We woke up in Oban on the Northern Lights Pier. A shuttle took us in groups to the Oban Distillery for a tour of its historic facilities, in situ since 1794. The town has much to offer as a service centre for the people of Argyll and the Hebridean Islands, with its large Caledonian MacBrayne ferry terminal always busy and local fishing boats coming and going throughout the day. Oban is a sheltered harbour with a dramatic setting affording wonderful views.

Over lunch and in to the early afternoon we sailed Lochs Linnhe and Aber to arrive at the Atlantic sea lock of the Caledonian Canal at Corpach, which is Gaelic for place of corpses. This is where the funeral corteges of foreign royalty rested before their onward transit to the burial ground on Iona. Corpach sits below Ben Nevis, Britain’s highest peak. It is rarely fully visible through the clouds. In the distance is Fort William, a town known to all British schoolchildren as the place with the highest annual rainfall in the country. Two large pipelines run down the hillside and feed an aluminium smelter and, closer to our vessel, a large timber processing plant. There was a big crowd on the foredeck to watch captain Tony Read bring the vessel through the lock into the Corpach Basin with just inches to spare. Scottish and Canadian flags fly here, the latter a reminder of the Caledonian Canal’s links with the Rideau Canal in Ottawa.

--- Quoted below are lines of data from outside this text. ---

ghost use Rattle.std.specs.Prelude.{◌≡◌, [], ◌∷◌, ◌++◌, ◌<◌, ◌-◌, ◌^◌, IfOk, OnOk, length};
ghost use Rattle.ct_props.specs.Numbered.{at_number as stands_at};
ghost use Rattle.ct_info.specs.Info.{info_text, info_value};
ghost use Rattle.ct_plan.specs.Source.{HaveProps};
ghost use Rattle.ct_report.specs.Lists.{test_list as list_of_tests, label_list as list_of_labels};
ghost use Rattle.ct_report.specs.PutLines.{PutsLines};
ghost use Rattle.ct_app.specs.Calls.{list_sides};
ghost use Rattle.ct_app.specs.Ends.{ListEndsFor, listed_as};
ghost use Rattle.ct_app.specs.Lists.{asked_lines, labels_among, labels_there, list_lines, listed_tests, listed_there};

use crate::Outcome;
use crate::props::{Tests, at_number};
use crate::reading::read_listed;
use crate::rerun::limit_choice;
use ct_args::{Invocation, Task};
use ct_base::{Files, List, Name, NoMemory, Sink, SinkFault};
use ct_info::info;
use ct_plan::members;
use ct_props::Props;
use ct_report::{ListedTest, label_list, test_list};
use std::alloc::Global;

/// Puts the list that an invocation asks for, and returns the outcome.
///
/// It reads no specification and no cost data, whatever the words name, and makes no plan.
pub(crate) fn list_folder<F: Files, S: Sink>(
    alloc: Global,
    mut invocation: Invocation,
    files: &mut F,
    sink: &mut S,
) -> Outcome
    ensures { ListEndsFor invocation (λ words. list_sides words (F.tells files.old) (F.tells files.new) (S.tells sink.old) (S.tells sink.new)) result }
{
    let outcome = list_asked(alloc, &mut invocation, files, sink);
    drop(invocation);
    outcome
}

/// Puts the list as `list_folder` does, and leaves the choice of the invocation limited.
fn list_asked<F: Files, S: Sink>(
    alloc: Global,
    invocation: &mut Invocation,
    files: &mut F,
    sink: &mut S,
) -> Outcome
    ensures { ListEndsFor invocation.old (λ words. list_sides words (F.tells files.old) (F.tells files.new) (S.tells sink.old) (S.tells sink.new)) result }
{
    match read_listed(alloc, files, invocation) {
        Ok(mut folder) => {
            limit_choice(invocation, folder.only.take());
            listed(put_list(alloc, sink, invocation, &folder.tests))
        }
        Err(outcome) => outcome,
    }
}

/// Turns the end of a list into the outcome of the call.
fn listed(ended: Result<(), SinkFault>) -> Outcome
    ensures { result ≡ listed_as ended }
{
    match ended {
        Ok(()) => Outcome::Listed,
        Err(fault) => Outcome::from(fault),
    }
}

/// Puts the list of the tests that the choice selects.
///
/// Source: CMake manual, ctest(1), --show-only, --print-labels, Show as JSON Object Model.
fn put_list<S: Sink>(
    alloc: Global,
    sink: &mut S,
    invocation: &Invocation,
    tests: &Tests,
) -> Result<(), SinkFault>
    requires together { HaveProps tests.now.defs tests.now.props }
    requires few { length tests.now.defs < 2 ^ 32 - 1 }
    ensures { PutsLines (asked_lines invocation.now invocation.now.wanted.choice tests.now.defs tests.now.props) (S.tells sink.old) (S.tells sink.new) result }
{
    let choice = &invocation.wanted.choice;
    let members = members(alloc, &tests.defs, &tests.props, choice)?;
    put_members(alloc, sink, invocation, tests, &members)?;
    Ok(())
}

/// Puts the list that an invocation asks for, of the tests with these numbers.
fn put_members<S: Sink>(
    alloc: Global,
    sink: &mut S,
    invocation: &Invocation,
    tests: &Tests,
    members: &List<u32>,
) -> Result<(), SinkFault>
    ensures { PutsLines (list_lines invocation.now.task invocation.now.wanted.dir invocation.now.config tests.now.defs tests.now.props members.now) (S.tells sink.old) (S.tells sink.new) result }
{
    let numbers = members.as_slice();
    match invocation.task {
        Task::Run | Task::ListTests => {
            put_tests(alloc, sink, &invocation.wanted.dir, tests, numbers)
        }
        Task::ListLabels => put_labels(alloc, sink, tests.props.as_slice(), numbers),
        Task::ListJson => put_json(alloc, sink, &invocation.config, tests, members),
    }
}

fn put_tests<S: Sink>(
    alloc: Global,
    sink: &mut S,
    dir: &Name,
    tests: &Tests,
    members: &[u32],
) -> Result<(), SinkFault>
    ensures { PutsLines (list_of_tests dir.now (listed_tests tests.now.defs tests.now.props members.now)) (S.tells sink.old) (S.tells sink.new) result }
{
    let entries = listed_entries(alloc, tests, members)?;
    test_list(alloc, sink, dir, entries.as_slice())?;
    Ok(())
}

/// Makes the entries of a list for the tests with these numbers.
fn listed_entries<'a>(
    alloc: Global,
    tests: &'a Tests,
    members: &[u32],
) -> Result<Vec<ListedTest<'a>>, NoMemory>
    ensures { IfOk result (λ entries. entries.items ≡ listed_tests tests.now.defs tests.now.props members.now) }
{
    let mut entries = Vec::new(alloc);
    for number in members {
        if let Some(entry) = listed_entry(tests, *number) {
            entries.push(entry)?;
        }
    }
    Ok(entries)
}

fn put_labels<S: Sink>(
    alloc: Global,
    sink: &mut S,
    props: &[Props],
    members: &[u32],
) -> Result<(), SinkFault>
    ensures { PutsLines (list_of_labels (labels_among props.now members.now)) (S.tells sink.old) (S.tells sink.new) result }
{
    let labels = labels_of(alloc, props, members)?;
    label_list(alloc, sink, &labels)?;
    Ok(())
}

/// Puts the tests with these numbers as JSON, in one put.
fn put_json<S: Sink>(
    alloc: Global,
    sink: &mut S,
    config: &Name,
    tests: &Tests,
    members: &List<u32>,
) -> Result<(), SinkFault>
    ensures { PutsLines (info_text (info_value tests.now.defs members.now config.now) ∷ []) (S.tells sink.old) (S.tells sink.new) result }
{
    let text = info(alloc, &tests.defs, members, config)?;
    sink.put(text.bytes())?;
    Ok(())
}

/// Makes the entry of a list for the test with this number, if the test is there.
fn listed_entry<'a>(tests: &'a Tests, number: u32) -> Option<ListedTest<'a>>
    ensures { result ≡ listed_there number (stands_at tests.now.defs number) (stands_at tests.now.props number) }
{
    let def = at_number(tests.defs.as_slice(), number)?;
    let props = at_number(tests.props.as_slice(), number)?;
    Some(ListedTest {
        number,
        name: &def.name,
        disabled: props.disabled,
    })
}

/// Copies the labels of the tests with these numbers, without the disabled tests.
fn labels_of(alloc: Global, props: &[Props], members: &[u32]) -> Result<List<Name>, NoMemory>
    ensures { IfOk result (λ labels. labels ≡ labels_among props.now members.now) }
{
    let mut labels = List::new(alloc);
    for number in members {
        append_names(alloc, &mut labels, labels_at(props, *number))?;
    }
    Ok(labels)
}

/// Returns the labels of the test with this number; none where it is absent or disabled.
fn labels_at(props: &[Props], number: u32) -> &[Name]
    ensures { result.now ≡ labels_there (stands_at props.now number) }
{
    match at_number(props, number) {
        Some(own) if !own.disabled => own.labels.as_slice(),
        _ => &[],
    }
}

fn append_names(alloc: Global, names: &mut List<Name>, more: &[Name]) -> Result<(), NoMemory>
    ensures { OnOk result (names.new ≡ names.old ++ more.now) }
{
    for name in more {
        names.push(name.copy(alloc)?)?;
    }
    Ok(())
}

In the afternoon we visited Glenfinnan, where Bonnie Prince Charlie raised the standard for the Jacobite cause for the first time on British mainland in 1745, a rising that ended disastrously the following year at Culloden. For a few brief months there had been a very real possibility of the Stuart dynasty being restored to their rightful throne and the balance of power between Protestant and Catholic powers in Europe shifting decisively. Today, Glenfinnan is also visited by fans of the Harry Potter movies, since it was over the Glenfinnan viaduct that the Hogwarts Express famously steamed. Some of us had close views of the viaduct from a mountain trail on the afternoon hike while others took a stroll along a natural history board walk trough the wetlands at the edge of Loch Shiel to look at the alder, birch and willow trees that grow happily with their feet in the water and a fine stand of the native Caledonian pines on the rocky hillside.